Eclipse and JCreator .. bas ... no need to look further ..


----------



## rahul_u_know_me (Jun 23, 2008)

hay i downloaded the eclips for java. IDE but dont need a java editor insted i need a tool to design the interface of java(java frames)(just like in VB, drag and drop). having a jframebuilder but its a demo version. 
   is there a opensource or freeware for this perpose.
plz i need it a lot.
thanx


----------



## abhinav_bipnesh (Jun 23, 2008)

for drag & drop u can use netbeans as it has very simple JFrame editor with many new features. Also you can use the initial tutorials provide by sun on how to use NetBeans to develop UI using the gui designer.


----------



## quad_master (Jun 27, 2008)

go for netbeans bro...i used it from my college life...it's 100% FREE
*dlc.sun.com.edgesuite.net/netbeans/6.0/final/


----------



## chandru.in (Jun 28, 2008)

^^  Just a note.  You have given the URL for 6.0, but Netbeans 6.1 is out and of course has better stuff in it.


----------



## Faun (Jun 29, 2008)

yeah the bundled combo on sun's site have it


----------



## quad_master (Jul 1, 2008)

chandru.in said:


> ^^ Just a note. You have given the URL for 6.0, but Netbeans 6.1 is out and of course has better stuff in it.


yep! i kno it 
bt i havnt try it till day...dats why i didnt suggest it


----------



## layzee (Jul 4, 2008)

The best way to get the UI you want is going the Hard Way,i.e., writing them down using a text editor and then compiling them. The best IDE for this has got to be BlueJ. There's nothing better than this I bet. Thats how you become a hardcore programmer. Anyways can anyone suggest a good book or source-code site for learning SWT based programming.
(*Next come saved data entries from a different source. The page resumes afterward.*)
impl<'a> Checked<'a> {
    /// Prints a line for each log, for each part, for each checkpoint, and for the cutoff if there is one.
    pub fn write<W: Write>(
        &self,
        alloc: Global,
        sheet: &mut Sheet<'_, W>,
    ) -> Result<(), Refusal<'static>> {
        for (number, log) in self.logs.iter().enumerate() {
            let is_good = log.is_good() && !self.is_at_fault(number);
            sheet.judged(&log.fields(number, self.start.is_ok()), is_good)?;
        }
        for (number, part) in self.parts.iter().enumerate() {
            let is_good = matches!(part.state, PartState::Whole(_));
            sheet.judged(&part.fields(number), is_good)?;
        }
        for number in &numbers_of(alloc, &self.parts)? {
            let fate = Fate::of(*number, self);
            sheet.judged(&fate.fields(), fate.is_good())?;
        }
        if let Ok(start) = &self.start {
            let row = [
                ("cutoff", Cell::Number(Some(start.window.cutoff))),
                ("log", Cell::Number(self.log_of(start.window.cutoff))),
                ("begin", Cell::Number(Some(start.window.begin))),
                ("memory", Cell::Number(self.memory())),
                ("last", Cell::Number(Some(self.last_up_to(u64::MAX)))),
                ("version", Cell::Number(Some(self.version()))),
            ];
            sheet.row(&row)?;
        }
        Ok(())
    }

    /// Returns whether recovery names a fault of the log of this number.
    fn is_at_fault(&self, number: usize) -> bool {
        match &self.start {
            Err(
                Fault::Header { log }
                | Fault::Record { log, .. }
                | Fault::Source { log }
                | Fault::Doubled { log }
                | Fault::Torn { log }
                | Fault::Gap { log },
            ) => *log == number,
            _ => false,
        }
    }

    /// Returns the first file that ends at the cutoff, as does the log that it belongs to. Of a worker's log it is the newest
    /// segment that does, to which the worker may go on to append.
    pub fn log_of(&self, cutoff: u64) -> Option<u64> {
        for (number, log) in self.logs.iter().enumerate() {
            if self.ends_log(log, cutoff) {
                return Some(number as u64);
            }
        }
        None
    }

    /// Returns whether a file ends at the cutoff, and no segment of its worker's log ends after that, or is newer and ends there.
    fn ends_log(&self, log: &CheckedLog<'_>, cutoff: u64) -> bool {
        let Some(file) = log.front() else {
            return false;
        };
        if file.last() != cutoff {
            return false;
        }
        let Some(segment) = file.head.segment else {
            return true;
        };
        for front in self.logs.iter().filter_map(CheckedLog::front) {
            let (last, other) = (front.last(), front.head.segment);
            let is_beyond = match other {
                Some(other) if other.worker == segment.worker => {
                    last > cutoff || (last == cutoff && other.number > segment.number)
                }
                _ => false,
            };
            if is_beyond {
                return false;
            }
        }
        true
    }

    /// Returns the numbers of the files that end at the cutoff, as do the logs that they belong to. Err: out of memory.
    pub fn ending_at(&self, alloc: Global, cutoff: u64) -> Result<Vec<usize>, AllocError> {
        let mut early = Vec::new(alloc);
        for (number, log) in self.logs.iter().enumerate() {
            if self.ends_log(log, cutoff) {
                early.push(number)?;
            }
        }
        Ok(early)
    }

    /// Returns the greatest timestamp of the logs that have not ended.
    pub fn last_below_end(&self) -> u64 {
        self.last_up_to(u64::MAX - 1)
    }

    /// Returns the greatest timestamp of the logs that end at this timestamp or before it.
    fn last_up_to(&self, end: u64) -> u64 {
        let mut greatest = 0;
        for front in self.logs.iter().filter_map(CheckedLog::front) {
            if front.last() <= end {
                greatest = front.last().max(greatest);
            }
        }
        greatest
    }

    /// Returns the greatest version of the logs and of the entries of the chosen checkpoint.
    pub fn version(&self) -> u64 {
        let mut version = match &self.start {
            Ok(start) => start.choice.chosen.as_ref().map_or(0, version_of),
            Err(_) => 0,
        };
        for front in self.logs.iter().filter_map(CheckedLog::front) {
            version = front.version.max(version);
        }
        version
    }

    /// Returns about how many bytes of memory recovery takes. None: the size of a file is not known.
    pub fn memory(&self) -> Option<u64> {
        let mut bytes: u64 = 0;
        for log in &self.logs {
            bytes = bytes.checked_add(log.file.size?)?;
        }
        for part in &self.parts {
            bytes = bytes.checked_add(part.file.size?)?;
        }
        bytes.checked_mul(MEMORY_A_BYTE)
    }

    /// Returns whether recovery names the log of this number as a segment that is torn, though another one follows it.
    pub fn is_torn_segment(&self, number: usize) -> bool {
        matches!(self.start, Err(Fault::Torn { log }) if log == number)
    }

    /// Prints what may have happened to each damaged log, why checkpoints are not valid, and what may close a gap. A write error is
    /// passed over. Err: out of memory.
    pub fn tell_hints<E: Write>(&self, alloc: Global, err: &mut E) -> Result<(), Memory> {
        for log in &self.logs {
            if let Some(ending) = &log.ending {
                ending.tell_hints(!log.is_torn(), log.file.name, err);
            }
        }
        for flaw in &self.flaws(alloc)? {
            let _ = writeln!(err, "hint: {flaw}");
        }
        let Err(Fault::Gap { log }) = self.start else {
            return Ok(());
        };
        self.tell_changed(log, err);
        for part in &self.parts {
            if let PartState::Broken { checkpoint, .. } = part.state {
                let _ = writeln!(
                    err,
                    "hint: {}: it is broken: cut --skip saves its entries, and then checkpoint {checkpoint} may close the gap",
                    Shown(part.file.name)
                );
            }
        }
        Ok(())
    }

    /// Prints that the number of the worker of this log looks changed, if the log begins where the segment before it ends of
    /// another worker. A write error is passed over.
    fn tell_changed<E: Write>(&self, log: usize, err: &mut E) {
        let Some(gap) = self.logs.get(log) else {
            return;
        };
        for log in &self.logs {
            let (Some(front), Some(next)) = (log.front(), gap.front()) else {
                continue;
            };
            if let Some(Segment { worker, number }) = continued(front, next) {
                let _ = writeln!(
                    err,
                    "hint: {}: its from is where the segment before it of worker {worker} ends: was it segment {number} of that worker?",
                    Shown(gap.file.name)
                );
            }
        }
    }

    /// Returns what recovery loses or passes over. None: nothing.
    pub fn losses(&self) -> Option<Losses> {
        let Ok(start) = &self.start else {
            return None;
        };
        let mut torn: u128 = 0;
        let mut holes: u128 = 0;
        for log in &self.logs {
            torn = torn.saturating_add(u128::from(log.is_torn()));
            holes = holes.saturating_add(u128::from(log.hole.is_some()));
        }
        let skipped = start.choice.skipped.len() as u128;
        let nameless = start.choice.nameless.len() as u128;
        Losses::new([torn, holes, self.late(), skipped, nameless])
    }

    /// Returns the fronts of the logs that have a header. Err: out of memory.
    pub fn fronts(&self, alloc: Global) -> Result<Vec<LogFront>, AllocError> {
        let mut fronts = Vec::with_capacity(alloc, self.logs.len())?;
        for front in self.logs.iter().filter_map(CheckedLog::front) {
            fronts.push(*front)?;
        }
        Ok(fronts)
    }

    /// Returns the number of writers of these logs. Err: out of memory.
    pub fn writers(&self, alloc: Global) -> Result<usize, AllocError> {
        Ok(writer_count(&self.fronts(alloc)?))
    }

    /// Returns the number of late updates, if there is a cutoff.
    pub fn late(&self) -> u128 {
        let mut late: u128 = 0;
        for log in &self.logs {
            if let Ok(check) = &log.check {
                late = late.saturating_add(u128::from(check.late));
            }
        }
        late
    }
}

/// Returns the least number that no worker of these logs has. Err: out of memory.
pub fn unused_worker(alloc: Global, logs: &[CheckedLog<'_>]) -> Result<u32, AllocError> {
    let mut workers = Vec::with_capacity(alloc, logs.len())?;
    for front in logs.iter().filter_map(CheckedLog::front) {
        if let Some(segment) = front.head.segment {
            workers.push(segment.worker)?;
        }
    }
    workers.sort_unstable();
    let mut unused: u32 = 0;
    for worker in &workers {
        if *worker == unused {
            unused = unused.saturating_add(1);
        }
    }
    Ok(unused)
}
I've been longing to develop my own Java IDE but at the same time I want the Eye-Candy stuff that comes with SWT just like Eclipse has!!


----------



## mastermunj (Jul 5, 2008)

If you are a beginner and do not know how to use Eclipse or Netbeans then use JCreator. Its very good for Small Applications..

If you have big applications and several different deployments have to be managed together... then nothing better then Netbeans / Eclipse.


----------